What you have to do:
Please return every line in the entries below with the word "LogNamespace" in it.

Collected data:
- - - -

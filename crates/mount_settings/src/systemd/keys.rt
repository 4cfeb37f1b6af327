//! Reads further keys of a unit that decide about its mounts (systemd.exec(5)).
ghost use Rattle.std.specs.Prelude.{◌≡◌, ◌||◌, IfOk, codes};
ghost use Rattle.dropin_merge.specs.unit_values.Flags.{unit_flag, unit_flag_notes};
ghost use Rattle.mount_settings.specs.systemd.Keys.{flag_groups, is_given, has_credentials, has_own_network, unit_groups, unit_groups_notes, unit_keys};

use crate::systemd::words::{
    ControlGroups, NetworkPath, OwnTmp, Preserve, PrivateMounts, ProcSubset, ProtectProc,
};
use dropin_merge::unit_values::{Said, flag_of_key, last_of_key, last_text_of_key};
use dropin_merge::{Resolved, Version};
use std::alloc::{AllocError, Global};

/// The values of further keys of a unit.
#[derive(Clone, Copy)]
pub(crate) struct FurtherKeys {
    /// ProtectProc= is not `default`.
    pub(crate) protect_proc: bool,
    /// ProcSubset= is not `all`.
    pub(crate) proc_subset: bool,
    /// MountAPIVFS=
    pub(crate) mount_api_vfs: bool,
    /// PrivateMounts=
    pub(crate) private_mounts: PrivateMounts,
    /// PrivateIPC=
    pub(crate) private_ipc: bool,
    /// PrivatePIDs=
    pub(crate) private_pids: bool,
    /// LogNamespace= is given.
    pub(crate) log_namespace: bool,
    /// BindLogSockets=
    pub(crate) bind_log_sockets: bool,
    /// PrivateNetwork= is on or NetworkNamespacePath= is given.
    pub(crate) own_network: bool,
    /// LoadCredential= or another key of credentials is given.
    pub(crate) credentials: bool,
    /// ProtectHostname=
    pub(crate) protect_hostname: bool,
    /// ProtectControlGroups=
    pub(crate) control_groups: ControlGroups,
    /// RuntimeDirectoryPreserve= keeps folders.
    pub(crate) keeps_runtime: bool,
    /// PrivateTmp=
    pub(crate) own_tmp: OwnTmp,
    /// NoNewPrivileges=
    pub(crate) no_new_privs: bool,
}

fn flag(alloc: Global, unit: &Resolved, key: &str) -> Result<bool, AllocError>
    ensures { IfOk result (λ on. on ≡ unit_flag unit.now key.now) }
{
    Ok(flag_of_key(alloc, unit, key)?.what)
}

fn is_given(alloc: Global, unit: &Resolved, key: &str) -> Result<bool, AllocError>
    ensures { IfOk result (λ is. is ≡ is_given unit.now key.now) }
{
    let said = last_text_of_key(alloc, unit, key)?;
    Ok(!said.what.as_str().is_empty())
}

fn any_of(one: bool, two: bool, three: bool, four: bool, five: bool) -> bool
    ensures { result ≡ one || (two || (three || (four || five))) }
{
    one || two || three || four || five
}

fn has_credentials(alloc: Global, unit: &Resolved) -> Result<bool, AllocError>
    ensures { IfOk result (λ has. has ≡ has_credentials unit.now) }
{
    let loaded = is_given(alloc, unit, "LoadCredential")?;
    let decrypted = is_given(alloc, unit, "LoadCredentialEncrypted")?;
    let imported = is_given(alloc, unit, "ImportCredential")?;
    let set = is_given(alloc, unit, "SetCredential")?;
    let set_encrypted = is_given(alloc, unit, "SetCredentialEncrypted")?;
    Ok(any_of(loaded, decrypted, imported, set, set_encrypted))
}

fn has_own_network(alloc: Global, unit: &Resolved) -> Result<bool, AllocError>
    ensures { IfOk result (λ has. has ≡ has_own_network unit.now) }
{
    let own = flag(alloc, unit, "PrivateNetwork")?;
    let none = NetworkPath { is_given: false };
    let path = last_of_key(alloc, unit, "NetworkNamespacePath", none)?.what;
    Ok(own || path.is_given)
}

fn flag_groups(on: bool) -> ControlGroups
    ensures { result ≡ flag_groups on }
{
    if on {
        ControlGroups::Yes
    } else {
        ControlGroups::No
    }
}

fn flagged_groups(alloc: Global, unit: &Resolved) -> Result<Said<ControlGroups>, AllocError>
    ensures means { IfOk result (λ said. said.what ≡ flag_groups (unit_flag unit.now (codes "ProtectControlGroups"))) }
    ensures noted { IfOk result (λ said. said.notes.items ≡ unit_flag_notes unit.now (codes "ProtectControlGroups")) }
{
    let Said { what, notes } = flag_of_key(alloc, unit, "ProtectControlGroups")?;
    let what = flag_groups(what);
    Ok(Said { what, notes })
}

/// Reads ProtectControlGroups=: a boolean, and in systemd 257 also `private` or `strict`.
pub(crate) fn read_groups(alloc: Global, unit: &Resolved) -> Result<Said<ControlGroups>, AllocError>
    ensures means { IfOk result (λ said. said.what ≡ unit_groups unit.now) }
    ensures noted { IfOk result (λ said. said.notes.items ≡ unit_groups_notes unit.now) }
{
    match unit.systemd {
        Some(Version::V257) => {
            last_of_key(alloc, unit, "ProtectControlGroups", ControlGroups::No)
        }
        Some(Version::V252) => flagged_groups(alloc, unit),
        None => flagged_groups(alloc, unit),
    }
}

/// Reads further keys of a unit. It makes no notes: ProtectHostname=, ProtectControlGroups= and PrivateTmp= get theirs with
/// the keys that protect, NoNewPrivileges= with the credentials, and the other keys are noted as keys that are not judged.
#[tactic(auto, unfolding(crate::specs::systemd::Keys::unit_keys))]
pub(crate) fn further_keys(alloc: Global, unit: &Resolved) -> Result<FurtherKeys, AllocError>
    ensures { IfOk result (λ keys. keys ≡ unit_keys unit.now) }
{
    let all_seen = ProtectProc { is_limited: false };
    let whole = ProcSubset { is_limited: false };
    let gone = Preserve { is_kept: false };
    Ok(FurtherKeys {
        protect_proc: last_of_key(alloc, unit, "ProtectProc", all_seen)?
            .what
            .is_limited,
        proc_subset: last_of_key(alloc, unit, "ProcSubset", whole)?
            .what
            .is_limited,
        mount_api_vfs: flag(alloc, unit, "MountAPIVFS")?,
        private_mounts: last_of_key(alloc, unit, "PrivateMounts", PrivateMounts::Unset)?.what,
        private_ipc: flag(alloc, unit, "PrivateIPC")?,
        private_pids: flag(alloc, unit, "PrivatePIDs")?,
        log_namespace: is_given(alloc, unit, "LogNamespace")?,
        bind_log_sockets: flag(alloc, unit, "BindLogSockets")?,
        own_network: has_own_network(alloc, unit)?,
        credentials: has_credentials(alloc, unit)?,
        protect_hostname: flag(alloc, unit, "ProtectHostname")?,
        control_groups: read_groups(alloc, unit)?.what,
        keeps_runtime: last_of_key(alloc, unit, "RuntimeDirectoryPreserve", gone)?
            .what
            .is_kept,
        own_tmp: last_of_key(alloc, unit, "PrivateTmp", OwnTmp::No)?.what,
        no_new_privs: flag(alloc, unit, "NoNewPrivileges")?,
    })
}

- - - -

Solution to the problem:
    /// LogNamespace= is given.
        log_namespace: is_given(alloc, unit, "LogNamespace")?,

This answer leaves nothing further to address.